(Exercise)
Only the lines that contain the string "entries" belong in the answer; pull them from the records.

(Records from a collection)
_ _ _ _ _ _ _
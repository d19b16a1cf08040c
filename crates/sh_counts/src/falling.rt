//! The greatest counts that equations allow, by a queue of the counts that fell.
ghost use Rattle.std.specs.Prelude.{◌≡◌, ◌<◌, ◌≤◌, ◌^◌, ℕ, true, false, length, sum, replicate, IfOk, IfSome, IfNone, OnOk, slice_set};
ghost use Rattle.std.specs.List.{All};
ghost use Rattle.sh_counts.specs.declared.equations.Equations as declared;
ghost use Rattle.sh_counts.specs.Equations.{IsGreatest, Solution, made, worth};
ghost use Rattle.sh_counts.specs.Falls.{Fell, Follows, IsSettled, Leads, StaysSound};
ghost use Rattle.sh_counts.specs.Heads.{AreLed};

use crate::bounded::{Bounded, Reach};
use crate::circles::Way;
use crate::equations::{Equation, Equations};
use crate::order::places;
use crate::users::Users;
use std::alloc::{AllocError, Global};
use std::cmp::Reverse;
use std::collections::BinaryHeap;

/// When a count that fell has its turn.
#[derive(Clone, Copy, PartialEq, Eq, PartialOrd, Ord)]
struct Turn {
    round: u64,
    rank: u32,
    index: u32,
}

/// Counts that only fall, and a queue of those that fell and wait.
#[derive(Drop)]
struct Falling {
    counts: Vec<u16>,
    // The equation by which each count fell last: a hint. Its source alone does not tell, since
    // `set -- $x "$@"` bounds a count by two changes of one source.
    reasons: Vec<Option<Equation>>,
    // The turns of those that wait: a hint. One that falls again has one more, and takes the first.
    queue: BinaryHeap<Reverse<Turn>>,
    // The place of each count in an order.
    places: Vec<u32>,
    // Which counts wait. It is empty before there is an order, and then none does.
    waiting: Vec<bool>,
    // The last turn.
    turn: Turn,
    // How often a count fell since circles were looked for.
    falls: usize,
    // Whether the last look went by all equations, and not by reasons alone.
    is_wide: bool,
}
_ _ _ _ _ _ _
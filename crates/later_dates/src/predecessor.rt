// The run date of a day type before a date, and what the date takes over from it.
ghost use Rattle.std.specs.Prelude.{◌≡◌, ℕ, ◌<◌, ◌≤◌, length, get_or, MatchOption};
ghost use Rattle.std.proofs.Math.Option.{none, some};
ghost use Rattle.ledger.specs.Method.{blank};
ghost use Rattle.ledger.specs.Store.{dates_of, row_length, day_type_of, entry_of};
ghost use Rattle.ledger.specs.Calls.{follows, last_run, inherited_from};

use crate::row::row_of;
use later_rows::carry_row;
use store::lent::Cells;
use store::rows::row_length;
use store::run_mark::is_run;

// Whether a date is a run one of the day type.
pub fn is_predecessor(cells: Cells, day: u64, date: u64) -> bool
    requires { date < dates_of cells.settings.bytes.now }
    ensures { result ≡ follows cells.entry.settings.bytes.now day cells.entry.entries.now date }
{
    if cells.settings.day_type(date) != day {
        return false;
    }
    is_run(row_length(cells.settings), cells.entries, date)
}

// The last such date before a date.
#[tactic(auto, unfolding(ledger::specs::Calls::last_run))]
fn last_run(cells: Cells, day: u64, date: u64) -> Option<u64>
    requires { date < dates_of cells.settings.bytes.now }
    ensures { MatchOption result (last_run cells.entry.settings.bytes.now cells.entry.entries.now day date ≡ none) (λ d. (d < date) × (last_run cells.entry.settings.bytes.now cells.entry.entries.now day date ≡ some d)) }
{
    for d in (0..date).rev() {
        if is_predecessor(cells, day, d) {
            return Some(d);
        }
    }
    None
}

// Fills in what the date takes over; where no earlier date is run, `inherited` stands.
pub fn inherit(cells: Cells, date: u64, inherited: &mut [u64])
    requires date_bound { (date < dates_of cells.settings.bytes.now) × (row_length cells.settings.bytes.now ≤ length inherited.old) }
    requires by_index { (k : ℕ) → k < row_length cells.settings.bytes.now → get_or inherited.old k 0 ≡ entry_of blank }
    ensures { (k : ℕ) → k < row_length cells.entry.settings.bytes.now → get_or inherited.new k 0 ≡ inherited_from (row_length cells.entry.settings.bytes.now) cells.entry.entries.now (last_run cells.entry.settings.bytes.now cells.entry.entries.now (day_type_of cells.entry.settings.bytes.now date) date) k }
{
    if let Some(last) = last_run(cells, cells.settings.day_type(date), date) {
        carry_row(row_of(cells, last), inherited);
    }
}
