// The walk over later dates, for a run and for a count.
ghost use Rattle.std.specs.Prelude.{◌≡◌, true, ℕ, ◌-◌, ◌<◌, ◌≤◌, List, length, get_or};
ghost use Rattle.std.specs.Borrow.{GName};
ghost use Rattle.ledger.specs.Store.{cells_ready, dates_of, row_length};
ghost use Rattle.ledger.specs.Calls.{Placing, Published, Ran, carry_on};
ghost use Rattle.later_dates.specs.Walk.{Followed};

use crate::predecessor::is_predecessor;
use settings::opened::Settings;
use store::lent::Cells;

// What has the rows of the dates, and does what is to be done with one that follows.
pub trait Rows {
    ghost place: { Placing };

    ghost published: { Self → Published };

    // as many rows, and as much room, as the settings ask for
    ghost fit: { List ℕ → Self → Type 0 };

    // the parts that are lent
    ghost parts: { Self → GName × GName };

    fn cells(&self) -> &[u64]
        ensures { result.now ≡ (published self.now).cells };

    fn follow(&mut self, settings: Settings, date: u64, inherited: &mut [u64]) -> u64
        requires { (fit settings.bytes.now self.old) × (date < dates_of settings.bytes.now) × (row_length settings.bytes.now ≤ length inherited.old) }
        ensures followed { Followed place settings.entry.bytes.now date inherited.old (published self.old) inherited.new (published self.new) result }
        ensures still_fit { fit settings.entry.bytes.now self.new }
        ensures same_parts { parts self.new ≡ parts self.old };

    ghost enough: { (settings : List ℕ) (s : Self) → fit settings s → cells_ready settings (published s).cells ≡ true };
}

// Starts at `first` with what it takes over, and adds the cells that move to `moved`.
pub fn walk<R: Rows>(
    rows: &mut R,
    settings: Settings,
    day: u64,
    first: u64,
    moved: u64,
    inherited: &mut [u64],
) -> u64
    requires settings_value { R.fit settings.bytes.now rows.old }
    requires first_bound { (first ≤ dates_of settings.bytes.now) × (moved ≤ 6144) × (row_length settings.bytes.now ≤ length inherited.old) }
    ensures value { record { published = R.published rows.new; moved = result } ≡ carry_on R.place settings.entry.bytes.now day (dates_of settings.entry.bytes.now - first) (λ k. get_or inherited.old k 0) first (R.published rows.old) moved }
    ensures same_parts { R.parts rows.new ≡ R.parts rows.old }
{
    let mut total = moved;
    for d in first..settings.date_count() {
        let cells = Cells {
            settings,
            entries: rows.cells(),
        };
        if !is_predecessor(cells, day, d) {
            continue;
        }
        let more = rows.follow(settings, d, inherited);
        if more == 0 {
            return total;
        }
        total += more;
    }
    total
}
_ _ _ _ _ _ _
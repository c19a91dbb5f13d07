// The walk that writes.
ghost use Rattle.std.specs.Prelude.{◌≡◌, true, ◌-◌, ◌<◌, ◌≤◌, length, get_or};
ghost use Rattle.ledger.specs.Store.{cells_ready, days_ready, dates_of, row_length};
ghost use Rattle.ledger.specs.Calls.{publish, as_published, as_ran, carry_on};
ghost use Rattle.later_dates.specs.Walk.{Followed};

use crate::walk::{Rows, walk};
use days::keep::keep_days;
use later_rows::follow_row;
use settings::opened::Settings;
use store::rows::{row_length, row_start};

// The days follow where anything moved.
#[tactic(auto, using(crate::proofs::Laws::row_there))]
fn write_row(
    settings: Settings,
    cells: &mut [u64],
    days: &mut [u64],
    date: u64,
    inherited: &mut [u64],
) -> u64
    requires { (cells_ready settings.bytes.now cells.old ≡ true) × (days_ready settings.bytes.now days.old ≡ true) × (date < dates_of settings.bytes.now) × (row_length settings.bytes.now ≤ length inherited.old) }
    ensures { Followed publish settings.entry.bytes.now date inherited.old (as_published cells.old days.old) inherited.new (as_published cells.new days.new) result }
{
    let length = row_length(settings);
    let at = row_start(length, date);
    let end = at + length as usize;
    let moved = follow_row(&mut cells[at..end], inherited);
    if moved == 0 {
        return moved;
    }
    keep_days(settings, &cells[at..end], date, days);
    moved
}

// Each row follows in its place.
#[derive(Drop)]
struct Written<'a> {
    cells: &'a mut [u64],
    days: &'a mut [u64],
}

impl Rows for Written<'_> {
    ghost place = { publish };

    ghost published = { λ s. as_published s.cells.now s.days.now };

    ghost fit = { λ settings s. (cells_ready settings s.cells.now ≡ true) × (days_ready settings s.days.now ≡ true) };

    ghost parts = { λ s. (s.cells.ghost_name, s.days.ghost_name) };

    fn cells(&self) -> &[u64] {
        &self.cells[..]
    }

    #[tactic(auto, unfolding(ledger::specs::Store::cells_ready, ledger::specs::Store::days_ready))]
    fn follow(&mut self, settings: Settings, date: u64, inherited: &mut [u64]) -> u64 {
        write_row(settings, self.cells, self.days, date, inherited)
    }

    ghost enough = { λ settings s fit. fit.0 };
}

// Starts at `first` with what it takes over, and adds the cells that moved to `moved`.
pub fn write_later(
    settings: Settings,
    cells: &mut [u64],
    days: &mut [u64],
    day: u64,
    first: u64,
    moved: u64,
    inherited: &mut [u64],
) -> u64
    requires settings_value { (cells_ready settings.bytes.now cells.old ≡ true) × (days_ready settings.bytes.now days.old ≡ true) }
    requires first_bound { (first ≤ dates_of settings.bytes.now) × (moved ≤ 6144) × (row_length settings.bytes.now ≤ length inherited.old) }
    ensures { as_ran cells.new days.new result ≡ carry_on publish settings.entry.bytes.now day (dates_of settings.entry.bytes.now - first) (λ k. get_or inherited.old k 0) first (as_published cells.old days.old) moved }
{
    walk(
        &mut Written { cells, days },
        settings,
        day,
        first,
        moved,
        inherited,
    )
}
_ _ _ _ _ _ _
(Response to the exercise)
    ensures { result ≡ follows cells.entry.settings.bytes.now day cells.entry.entries.now date }
    is_run(row_length(cells.settings), cells.entries, date)
    ensures { MatchOption result (last_run cells.entry.settings.bytes.now cells.entry.entries.now day date ≡ none) (λ d. (d < date) × (last_run cells.entry.settings.bytes.now cells.entry.entries.now day date ≡ some d)) }
    ensures { (k : ℕ) → k < row_length cells.entry.settings.bytes.now → get_or inherited.new k 0 ≡ inherited_from (row_length cells.entry.settings.bytes.now) cells.entry.entries.now (last_run cells.entry.settings.bytes.now cells.entry.entries.now (day_type_of cells.entry.settings.bytes.now date) date) k }
            entries: rows.cells(),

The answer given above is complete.